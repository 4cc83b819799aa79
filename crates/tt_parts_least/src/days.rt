//! The tables of all days of a week.

use crate::allowance::Allowance;
use crate::day::Table;
use crate::layout::Layout;
use crate::sets::Set;
use std::alloc::{AllocError, Global};
use tt_instance::Instance;
use tt_watch::Watch;

/// Tables, and the number of the table that each day has.
#[derive(Drop)]
pub struct Days {
    pub tables: Vec<Table>,
    pub of_day: Vec<usize>,
}

/// Returns the courses that are available in each period of a day, a bit for each.
fn open_in(
    alloc: Global,
    instance: &Instance<'_>,
    layout: &Layout,
    day: u32,
) -> Result<Vec<u32>, AllocError> {
    let mut periods = Vec::new(alloc);
    for period in 0..instance.periods() {
        let mut word = 0;
        for (place, course) in layout.courses.iter().enumerate() {
            if !instance.unavailable(course.number, day, period) {
                word |= 1 << (place % 32);
            }
        }
        periods.push(word)?;
    }
    Ok(periods)
}

/// Returns the sets that each period can have.
fn sets_in(alloc: Global, open: &[u32], sets: &[Set]) -> Result<Vec<Vec<Set>>, AllocError> {
    let mut periods = Vec::new(alloc);
    for word in open {
        let mut able = Vec::new(alloc);
        for set in sets {
            if set.courses & !*word == 0 {
                able.push(*set)?;
            }
        }
        periods.push(able)?;
    }
    Ok(periods)
}

/// Returns the tables of all days, with the days that cost less than a limit; days with the same availability share a table. Returns `None`
/// if the work is used up.
pub fn days_of<W: Watch>(
    alloc: Global,
    instance: &Instance<'_>,
    layout: &Layout,
    sets: &[Set],
    limit: u32,
    work: &mut Allowance<'_, W>,
) -> Result<Option<Days>, AllocError> {
    let mut days = Days {
        tables: Vec::new(alloc),
        of_day: Vec::new(alloc),
    };
    let mut seen: Vec<Vec<u32>> = Vec::new(alloc);
    for day in 0..instance.days() {
        let open = open_in(alloc, instance, layout, day)?;
        let known = seen
            .iter()
            .position(|other| other.as_slice() == open.as_slice());
        if let Some(known) = known {
            days.of_day.push(known)?;
            continue;
        }
        let periods = sets_in(alloc, &open, sets)?;
        let Some(table) = Table::new(alloc, layout, limit, &periods, work)? else {
            return Ok(None);
        };
        days.of_day.push(days.tables.len())?;
        days.tables.push(table)?;
        seen.push(open)?;
    }
    Ok(Some(days))
}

Exercise goal
Reproduce the whole of the material exactly as shown.

Finished exercise
repository 4cc83b819799aa79
filename crates/tt_parts_least/src/days.rt
//! The tables of all days of a week.

use crate::allowance::Allowance;
use crate::day::Table;
use crate::layout::Layout;
use crate::sets::Set;
use std::alloc::{AllocError, Global};
use tt_instance::Instance;
use tt_watch::Watch;

/// Tables, and the number of the table that each day has.
#[derive(Drop)]
pub struct Days {
    pub tables: Vec<Table>,
    pub of_day: Vec<usize>,
}

/// Returns the courses that are available in each period of a day, a bit for each.
fn open_in(
    alloc: Global,
    instance: &Instance<'_>,
    layout: &Layout,
    day: u32,
) -> Result<Vec<u32>, AllocError> {
    let mut periods = Vec::new(alloc);
    for period in 0..instance.periods() {
        let mut word = 0;
        for (place, course) in layout.courses.iter().enumerate() {
            if !instance.unavailable(course.number, day, period) {
                word |= 1 << (place % 32);
            }
        }
        periods.push(word)?;
    }
    Ok(periods)
}

/// Returns the sets that each period can have.
fn sets_in(alloc: Global, open: &[u32], sets: &[Set]) -> Result<Vec<Vec<Set>>, AllocError> {
    let mut periods = Vec::new(alloc);
    for word in open {
        let mut able = Vec::new(alloc);
        for set in sets {
            if set.courses & !*word == 0 {
                able.push(*set)?;
            }
        }
        periods.push(able)?;
    }
    Ok(periods)
}

/// Returns the tables of all days, with the days that cost less than a limit; days with the same availability share a table. Returns `None`
/// if the work is used up.
pub fn days_of<W: Watch>(
    alloc: Global,
    instance: &Instance<'_>,
    layout: &Layout,
    sets: &[Set],
    limit: u32,
    work: &mut Allowance<'_, W>,
) -> Result<Option<Days>, AllocError> {
    let mut days = Days {
        tables: Vec::new(alloc),
        of_day: Vec::new(alloc),
    };
    let mut seen: Vec<Vec<u32>> = Vec::new(alloc);
    for day in 0..instance.days() {
        let open = open_in(alloc, instance, layout, day)?;
        let known = seen
            .iter()
            .position(|other| other.as_slice() == open.as_slice());
        if let Some(known) = known {
            days.of_day.push(known)?;
            continue;
        }
        let periods = sets_in(alloc, &open, sets)?;
        let Some(table) = Table::new(alloc, layout, limit, &periods, work)? else {
            return Ok(None);
        };
        days.of_day.push(days.tables.len())?;
        days.tables.push(table)?;
        seen.push(open)?;
    }
    Ok(Some(days))
}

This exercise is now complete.